Teams must pass drills in the 95th percentile to earn official certification. Rodriguez said Johnson will retrain for 60 days for proficiency and attempt certification again in late spring.

Two-year-old Dutch shepherd Military Working Dog Fiona sprints to handler Pfc. Thomas Johnson, 67th Military Police Detachment (Military Working Dog), Special Troops Battalion, during an obedience drill on the first day of annual military working dog recertification Feb. 18 at the Fort Leavenworth MWD kennels. Photo by Charlotte Richter/Fort Leavenworth Lamp

Drills include obedience, firearm habituation, controlled aggression, odor recognition, building search per person and scout per person, and detection later in the week.

Rodriguez said good rapport between the handler and military working dog is evident in training, such as if a handler has control off-leash and can identify a dog’s change in behavior.
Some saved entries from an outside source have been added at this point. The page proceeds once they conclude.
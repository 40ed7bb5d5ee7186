//! Searches in a bitmap, and reading and writing a chaining block, beside copies of the bytes that these
//! calls look at. Each round changes a byte, so that no round can stand for another.

use crate::refused::refused;
use fs_bitmap::{count_free, lowest_free};
use fs_chain::{BLOCK_BYTES, ChainBlock, REFERENCES_PER_CHAIN, Reference, read_chain, write_chain};
use std::io;
use std::rt::Clock;
use std::time::Instant;

/// How often each call is made.
const ROUNDS: u32 = 100_000;

/// The bits of a bitmap of which all are used.
const BITS: u32 = 16_384;

/// The bytes of that bitmap.
const MAP_BYTES: usize = 2_048;

/// A byte of that bitmap.
const USED: u8 = 0xff;

/// Times each call.
pub fn run<R: Print + Clock + AllocGlobal>(rt: &R) -> io::Result<()> {
    time_copy_of_a_bitmap(rt)?;
    time_lowest_free(rt)?;
    time_count_free(rt)?;
    time_copy_of_a_block(rt)?;
    time_owned_copy_of_a_block(rt)?;
    time_read_chain(rt)?;
    time_write_chain(rt)
}

fn time_copy_of_a_bitmap<R: Print + Clock>(rt: &R) -> io::Result<()> {
    let mut map = [USED; MAP_BYTES];
    let mut copied = [0; MAP_BYTES];
    let mut sum = 0u64;
    let start = Instant::now(rt)?;
    for round in 0..ROUNDS {
        copy_map(&map, &mut copied);
        sum = sum.wrapping_add(u64::from(copied[(round % 2_048) as usize]));
        map[(round % 2_048) as usize] = USED;
    }
    report(rt, "copy_of_a_bitmap", start, sum)
}

fn time_lowest_free<R: Print + Clock>(rt: &R) -> io::Result<()> {
    let mut map = [USED; MAP_BYTES];
    let mut sum = 0u64;
    let start = Instant::now(rt)?;
    for round in 0..ROUNDS {
        sum = sum.wrapping_add(u64::from(search(&map).unwrap_or(round)));
        map[(round % 2_048) as usize] = USED;
    }
    report(rt, "lowest_free", start, sum)
}

fn time_count_free<R: Print + Clock>(rt: &R) -> io::Result<()> {
    let mut map = [USED; MAP_BYTES];
    let mut sum = 0u64;
    let start = Instant::now(rt)?;
    for round in 0..ROUNDS {
        sum = sum.wrapping_add(u64::from(count(&map)));
        map[(round % 2_048) as usize] = USED;
    }
    report(rt, "count_free", start, sum)
}

fn time_copy_of_a_block<R: Print + Clock>(rt: &R) -> io::Result<()> {
    let mut block = used_chain();
    let mut copied = [0; BLOCK_BYTES];
    let mut sum = 0u64;
    let start = Instant::now(rt)?;
    for round in 0..ROUNDS {
        copy_block(&block, &mut copied);
        sum = sum.wrapping_add(u64::from(copied[(round % 4_096) as usize]));
        change(&mut block, round);
    }
    report(rt, "copy_of_a_block", start, sum)
}

fn time_owned_copy_of_a_block<R: Print + Clock + AllocGlobal>(rt: &R) -> io::Result<()> {
    let mut block = used_chain();
    let mut sum = 0u64;
    let start = Instant::now(rt)?;
    for round in 0..ROUNDS {
        let copied = Vec::from_slice(rt.alloc(), &block)?;
        sum = sum.wrapping_add(copied.first().map_or(0, |byte| u64::from(*byte)));
        change(&mut block, round);
    }
    report(rt, "owned_copy_of_a_block", start, sum)
}

fn time_read_chain<R: Print + Clock>(rt: &R) -> io::Result<()> {
    let mut block = used_chain();
    let mut sum = 0u64;
    let start = Instant::now(rt)?;
    for round in 0..ROUNDS {
        sum = sum.wrapping_add(read(&block, round).ok_or_else(refused)?);
        change(&mut block, round);
    }
    report(rt, "read_chain", start, sum)
}

fn time_write_chain<R: Print + Clock>(rt: &R) -> io::Result<()> {
    let mut block = used_chain();
    let mut sum = 0u64;
    let mut chain = read_chain(&block).ok_or_else(refused)?;
    let start = Instant::now(rt)?;
    for round in 0..ROUNDS {
        chain.file = round;
        write(&chain, &mut block)?;
        sum = sum.wrapping_add(u64::from(block[(round % 4_096) as usize]));
    }
    report(rt, "write_chain", start, sum)
}

// Prints the line of a call.
fn report<R: Print + Clock>(rt: &R, name: &str, start: Instant, sum: u64) -> io::Result<()> {
    let took = start.elapsed(rt)?.as_nanos();
    println!(rt; "{name} {took} {ROUNDS} {sum}")
}

// The bytes of a chaining block all of whose references are used.
fn used_chain() -> [u8; BLOCK_BYTES] {
    let mut block = [0; BLOCK_BYTES];
    for at in 0..BLOCK_BYTES {
        block[at] = u8::from(at % 4 == 3);
    }
    block
}

// Gives a memory node in a chaining block another number.
fn change(block: &mut [u8; BLOCK_BYTES], round: u32) {
    block[19 + 8 * (round % 500) as usize] = (1 + round % 7) as u8;
}

#[inline(never)]
fn copy_map(from: &[u8; MAP_BYTES], into: &mut [u8; MAP_BYTES]) {
    into.copy_from_slice(from);
}

#[inline(never)]
fn search(map: &[u8; MAP_BYTES]) -> Option<u32> {
    lowest_free(map, BITS)
}

#[inline(never)]
fn count(map: &[u8; MAP_BYTES]) -> u32 {
    count_free(map, BITS)
}

#[inline(never)]
fn copy_block(from: &[u8; BLOCK_BYTES], into: &mut [u8; BLOCK_BYTES]) {
    into.copy_from_slice(from);
}

// The whole block is read, and lies where it is looked at.
#[inline(never)]
fn read(block: &[u8; BLOCK_BYTES], round: u32) -> Option<u64> {
    match read_chain(block) {
        Some(chain) => Some(looked_at(&chain, round)),
        None => None,
    }
}

#[inline(never)]
fn looked_at(chain: &ChainBlock, round: u32) -> u64 {
    let index = round as usize % REFERENCES_PER_CHAIN;
    match chain.references.get(index) {
        Some(Reference { memory, .. }) => u64::from(memory),
        None => u64::from(chain.file),
    }
}

// With the test that it can be written.
#[inline(never)]
fn write(chain: &ChainBlock, block: &mut [u8; BLOCK_BYTES]) -> io::Result<()> {
    if !chain.is_chain() {
        return Err(refused());
    }
    write_chain(chain, block);
    Ok(())
}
He also said they assess if a dog can habituate to its environment and train through challenges.

“That’s the biggest thing — the dog team concept — we’re looking at overall…if that team works and blends together,” Rodriguez said. “It’s hard to describe when you’re assessing from the outside. There are a lot of handler actions that interplay with the overall certification process.”

MWD Juci is Walter’s first dog, and they have worked together for two years. She said although she and Juci have a good rapport, traveling to a different installation can be challenging.

“Home (certifications), you know where things could be. So coming here to their (obedience) yard…our (obedience) yard is almost three times the size of that. It’s very weird having everything so close to together; I feel like it really tests my ability to have control of (Juci),” Walters said.

Stipetich and Bowolick agreed that even as experienced handlers who have completed certification in the past, certifying in a new environment is difficult. Both Stipetich and Bowolick had spent a month or less with their dogs before attending certification.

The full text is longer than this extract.